▶ **What to do**
Say how many of the lines below include the word "Rattle", and write nothing else.

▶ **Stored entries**
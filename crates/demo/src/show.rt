// Printing of bytes, words, origins and refusals.
use anyhow::Context;
use generator::{Fault, Generator, LONGEST};
use session::Refusal;
use std::fmt;

// A refusal as it is printed: its number, and the member of a combined generator where that is told.
#[derive(Clone, Copy)]
pub(crate) struct Refused {
    number: u8,
    member: Option<u8>,
}

impl Refused {
    pub(crate) fn with(number: u8) -> Refused {
        Refused {
            number,
            member: None,
        }
    }
}

impl From<Refusal> for Refused {
    fn from(refusal: Refusal) -> Refused {
        Refused {
            number: refusal.number(),
            member: Some(refusal.member()),
        }
    }
}

impl From<Fault> for Refused {
    fn from(fault: Fault) -> Refused {
        Refused::from(Refusal::from(fault))
    }
}

impl fmt::Display for Refused {
    fn fmt<W: fmt::Write>(&self, f: &mut fmt::Formatter<W>) -> fmt::Result {
        write!(f, "refused with {}", self.number)?;
        match self.member {
            Some(member) => write!(f, ", member {member}"),
            None => Ok(()),
        }
    }
}

// Whether a call was done.
pub(crate) fn done(
    rt: &HostRuntime,
    call: &str,
    answer: Result<(), Refused>,
) -> anyhow::Result<()> {
    match answer {
        Ok(()) => println!(rt; "  {call}: done")?,
        Err(refused) => println!(rt; "  {call}: {refused}")?,
    }
    Ok(())
}

pub(crate) fn bytes(rt: &HostRuntime, label: &str, bytes: &[u8]) -> anyhow::Result<()> {
    print!(rt; "  {label}:")?;
    for byte in bytes {
        print!(rt; " {byte:02X}")?;
    }
    println!(rt; "")?;
    Ok(())
}

// The front of a buffer, as much of it as there is.
pub(crate) fn front(
    rt: &HostRuntime,
    label: &str,
    buffer: &[u8],
    count: usize,
) -> anyhow::Result<()> {
    let part = buffer.get(..count).context("a length passes its buffer")?;
    bytes(rt, label, part)
}

// The key and the IV behind the present state.
pub(crate) fn origin<G: Generator>(rt: &HostRuntime, generator: &mut G) -> anyhow::Result<()> {
    let mut key = [0; LONGEST];
    let mut iv = [0; LONGEST];
    match generator.origin(&mut key, &mut iv) {
        Ok((key_len, iv_len)) => {
            front(rt, "origin: key", &key, key_len)?;
            front(rt, "origin: IV", &iv, iv_len)
        }
        Err(fault) => done(rt, "origin", Err(Refused::with(fault.number()))),
    }
}

// A load, the first words, and the way back to the start.
pub(crate) fn keystream<G: Generator>(
    rt: &HostRuntime,
    generator: &mut G,
    key: &[u8],
    iv: &[u8],
    words: u32,
) -> anyhow::Result<()> {
    if let Err(fault) = generator.load(key, iv) {
        return done(rt, "load", Err(Refused::from(fault)));
    }
    for n in 0..words {
        let word = generator.word();
        println!(rt; "  word {n}: {word:08X}")?;
        generator.forward();
    }
    println!(rt; "  stepped back {words} words")?;
    generator.backward_by(u64::from(words));
    origin(rt, generator)
}
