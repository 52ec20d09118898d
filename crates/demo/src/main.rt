// Tasks from start to end, printed so that a person can follow them.
#![tactic(auto)]

mod borders;
mod piles;
mod registers;
mod sessions;
mod show;

fn demonstrate(rt: &HostRuntime) -> anyhow::Result<()> {
    registers::demonstrate(rt)?;
    piles::demonstrate(rt)?;
    sessions::demonstrate(rt)?;
    borders::demonstrate(rt)
}

fn main(rt: HostRuntime) -> anyhow::Result<()> {
    demonstrate(&rt)
}
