// A file from its bytes (document 01, "Judging order" 1 to 7; document 02, request [3]): its words and their table in lent room, and
// the places of its parts, or the refusal. Every call that takes a file begins here.
#![tactic(auto)]

ghost use Rattle.file.specs.Found.{Found, CallsRight, Called, TableRoom, TableMade, Tabled, CanLoad, FileRead};

use context::{Context, Refusal};
use ends::blocks::fill_blocks;
use ends::fill_ends;
use reader::Places;
use reader::file::read_words;
use scan::calls::first_wrong_call;
use scan::programs::fill_masks;
use scan::steady::first_unsteady;
use words::load::{bad_length, load};

// The table of a file: the ends of all that starts in its words, the masks of its procedures, and then those of its blocks, in which
// a call counts what its procedure modifies.
fn fill_table(w: &[u32], table: &mut [u32])
    requires { TableRoom w.now table.old }
    ensures { TableMade w.now table.old table.new }
{
    fill_ends(w, table);
    fill_masks(w, table);
    fill_blocks(w, table);
}

// Refusal 7, of words that refusals 2 to 6 and 16 let pass; their table is filled.
pub fn read_steady(
    w: &[u32],
    table: &mut [u32],
    context: Context,
    places: Places,
) -> Result<Places, Refusal>
    requires { CallsRight w.now context places table.old × TableRoom w.now table.old }
    ensures { Tabled w.now context result table.new }
{
    fill_table(w, table);
    match first_unsteady(w, table, 0, w.len(), true) {
        None => Ok(places),
        Some(place) => Err(Refusal { number: 7, place }),
    }
}

// Refusal 16, of words that refusals 2 to 6 let pass.
fn read_called(
    w: &[u32],
    table: &[u32],
    context: Context,
    places: Places,
) -> Result<Places, Refusal>
    requires { Found w.now context places table.now × TableRoom w.now table.now }
    ensures { Called w.now context result table.now }
{
    match first_wrong_call(w, table) {
        None => Ok(places),
        Some(place) => Err(Refusal { number: 16, place }),
    }
}

// Refusals 2 to 6 and 16. The starts of the programs stand behind the room for ends and masks of blocks.
pub fn read_calls(w: &[u32], table: &mut [u32], context: Context) -> Result<Places, Refusal>
    requires { TableRoom w.now table.old }
    ensures { Called w.now context result table.new }
{
    let n = w.len();
    let starts = n + 2 * (n / 32);
    let places = read_words(w, &mut table[starts..], context)?;
    read_called(w, table, context, places)
}

// Refusals 2 to 7 and 16.
pub fn read_table(w: &[u32], table: &mut [u32], context: Context) -> Result<Places, Refusal>
    requires { TableRoom w.now table.old }
    ensures { Tabled w.now context result table.new }
{
    let places = read_calls(w, table, context)?;
    read_steady(w, table, context, places)
}

// Refusals 1 to 7 and 16. Of a file that they let pass, the words stand in front of `words`, and `table` is filled for them.
pub fn read_file(
    file: &[u8],
    words: &mut [u32],
    table: &mut [u32],
    context: Context,
) -> Result<Places, Refusal>
    requires { CanLoad file.now words.old table.old }
    ensures { FileRead file.now context result words.new table.new }
{
    if bad_length(file) {
        return Err(Refusal {
            number: 1,
            place: 0,
        });
    }
    let n = load(file, words);
    read_table(&words[..n], table, context)
}
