// Claims in specs/ and their proofs in proofs/; no code.
#![tactic(auto)]
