//! The fields of a line that name objects of a machine.
ghost use Rattle.std.specs.Prelude.{◌≡◌, ◌<◌, ◌≤◌, IfOk};
ghost use Rattle.coy_text.specs.Words.{words_of};
ghost use Rattle.confine_check.specs.Fields.{kind_of, last_of, named_block, object_of};

use crate::block::Block;
use cap_format::CapKind;
use coy_text::{read_dec, word, word_count};
use listing_read::FieldFault;

/// The kind of objects that a word is.
#[tactic(auto, unfolding(crate::specs::Fields::kind_of))]
pub fn read_kind(word: &[u8]) -> Result<CapKind, FieldFault>
    ensures { result ≡ kind_of word.now }
{
    if word == b"page".as_slice() {
        return Ok(CapKind::Page);
    }
    if word == b"cappage".as_slice() {
        return Ok(CapKind::CapPage);
    }
    if word == b"gpt".as_slice() {
        return Ok(CapKind::Gpt);
    }
    if word == b"endpoint".as_slice() {
        return Ok(CapKind::Endpoint);
    }
    if word == b"process".as_slice() {
        return Ok(CapKind::Process);
    }
    Err(FieldFault::BadValue)
}

/// The objects of a kind, of which there are `size`, that a line names from word `at` on: by the number of the first and, in
/// its last word, that of the last, or by the number of one alone.
#[tactic(auto, unfolding(crate::specs::Fields::named_block))]
pub fn read_block(kind: CapKind, size: usize, line: &[u8], at: u8) -> Result<Block, FieldFault>
    requires { size < 65536 }
    ensures value { result ≡ named_block kind size at (words_of line.now) }
    ensures kind { IfOk result (λ block. block.kind ≡ kind) }
    ensures order { IfOk result (λ block. block.from ≤ block.to) }
    ensures there { IfOk result (λ block. block.to < size) }
{
    let from = object(size, word(line, at as usize))?;
    let to = last(size, from, line, at)?;
    if to < from {
        return Err(FieldFault::BadOrder);
    }
    Ok(Block { kind, from, to })
}

/// The number of an object of which there are `size`.
#[tactic(auto, unfolding(crate::specs::Fields::object_of))]
fn object(size: usize, word: &[u8]) -> Result<u16, FieldFault>
    requires { size < 65536 }
    ensures value { result ≡ object_of size word.now }
    ensures there { IfOk result (λ n. n < size) }
{
    let number = match read_dec(word) {
        Ok(value) => value,
        Err(_) => return Err(FieldFault::BadNumber),
    };
    if number as usize >= size {
        return Err(FieldFault::NoObject);
    }
    Ok(number as u16)
}

/// The last object: the word behind word `at`, where the line has just that more, and otherwise the first object.
#[tactic(auto, unfolding(crate::specs::Fields::last_of))]
fn last(size: usize, from: u16, line: &[u8], at: u8) -> Result<u16, FieldFault>
    requires small { size < 65536 }
    requires there { from < size }
    ensures value { result ≡ last_of size from at (words_of line.now) }
    ensures there { IfOk result (λ n. n < size) }
{
    if word_count(line) == at as usize + 2 {
        return object(size, word(line, at as usize + 1));
    }
    Ok(from)
}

▶ **Output of the task**
4